Institute of Dentistry, Queen Mary University of London, UK.
Dr Teh completed his PhD in 2000 at King’s College London followed by postdoctoral studies at Queen Mary University of London (QMUL). He is now a Senior Lecturer at the Centre of Oral Immunobiology and Regenerative Medicine, Barts and the London School of Medicine and Dentistry, QMUL. Dr Teh was awarded “Molecule of the Year 2010” for his pioneering research on FOXM1 in human cancer initiation. He has published over 50 papers in high impact journals and also as editorial board member of several reputed journals. His leads a clinical translational research group investigating disease biomarkers and mechanisms of molecular reprogramming.

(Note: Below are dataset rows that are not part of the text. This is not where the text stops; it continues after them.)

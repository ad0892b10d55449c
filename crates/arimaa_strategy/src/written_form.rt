//! The written form of strategies.
ghost use Rattle.std.specs.Prelude.{◌≡◌, ◌<◌, ◌++◌, length, IfOk, OnOk};
ghost use Rattle.std.specs.List.{AllByRecursion};
ghost use Rattle.arimaa_board.specs.declared.piece.Color.{Color};
ghost use Rattle.arimaa_notation.specs.Written.{text_of_turn};
ghost use Rattle.arimaa_notation.specs.Grammar.{IsTurnText};
ghost use Rattle.arimaa_strategy.specs.Text.{IsStrategyText};
ghost use Rattle.arimaa_strategy.specs.WrittenForm.{ended_entry, text_of_strategy, IsWritable};

use crate::strategy::Strategy;
use arimaa_board::board_text;
use arimaa_forced::Entry;
use arimaa_notation::turn_text;
use itoa::Buffer;
use std::alloc::{AllocError, Global};

// Adds an entry, and the line feed that ends its line.
fn push_entry(text: &mut Vec<u8>, entry: &Entry) -> Result<(), AllocError>
    requires { 0 < length entry.now.turn }
    ensures text { OnOk result (text.new.items ≡ text.old.items ++ ended_entry entry.now) }
    ensures reads_back { IsTurnText (text_of_turn entry.now.turn) entry.now.turn }
{
    let mut rank = Buffer::new();
    let turn = turn_text(&entry.turn);
    text.extend_from_slice(rank.format(entry.rank).as_bytes())?;
    text.push(b' ')?;
    text.extend_from_slice(&board_text(&entry.position.board))?;
    text.push(b' ')?;
    text.extend_from_slice(turn.as_bytes())?;
    text.push(b'\n')?;
    Ok(())
}

/// The written form of a strategy: a line an entry, with its rank, a space, the board's text, a
/// space, and the turn with its removal marks.
///
/// It is read back as the same strategy for an attacker that each entry is `IsWritable` for: it has
/// a rank of at most 99, a fit board, and the attacker to move. It fails for want of memory only.
pub fn strategy_text(alloc: Global, strategy: &Strategy) -> Result<Vec<u8>, AllocError>
    ensures text { IfOk result (λ text. text.items ≡ text_of_strategy strategy.now) }
    ensures reads_back { IfOk result
        (λ text. (a : Color) → AllByRecursion (IsWritable a) strategy.now
        → IsStrategyText text.items a strategy.now) }
{
    let mut text = Vec::new(alloc);
    for entry in strategy.entries() {
        push_entry(&mut text, entry)?;
    }
    Ok(text)
}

Clinical translation of many cutting-edge technologies is hindered by their high costs and complexity despite highly promising results. Hence, affordability and practicality should be the core principles when developing a clinical tool. Big-data technological advances have produced large amount of biomolecular data for human cancers. However, the translation of these data into clinical use remains a challenge and impractical. In the attempt to resolve this problem, we have developed an affordable, practical and customisable cancer test - quantitative Malignancy Index Diagnostic System (qMIDS), which converts multiple gene expression levels (with SYBR-green based RT-qPCR) via an algorithm to provide a digital readout indicative of disease status. To date, we have collectively validated the qMIDS test on over 427 clinical head and neck samples from Europe and Asia, giving a diagnostic sensitivity/specificity/accuracy of ~90% compared to the gold-standard histopathology. We have further demonstrated the customisability and transferability of qMIDS test for diagnosing different squamous cancer types (vulva and skin). We also demonstrated the use of qMIDS for predicting the risk of drug resistance. We provided evidence that qMIDS was able to quantitatively and objectively stratify cancer aggressiveness/behaviour using a panel of biomarkers selected from transcriptomic databases. This study demonstrated an affordable method using a well-established and widely available qPCR technology for translating omics data into a practical and customisable clinical tool for disease diagnosis and prognosis.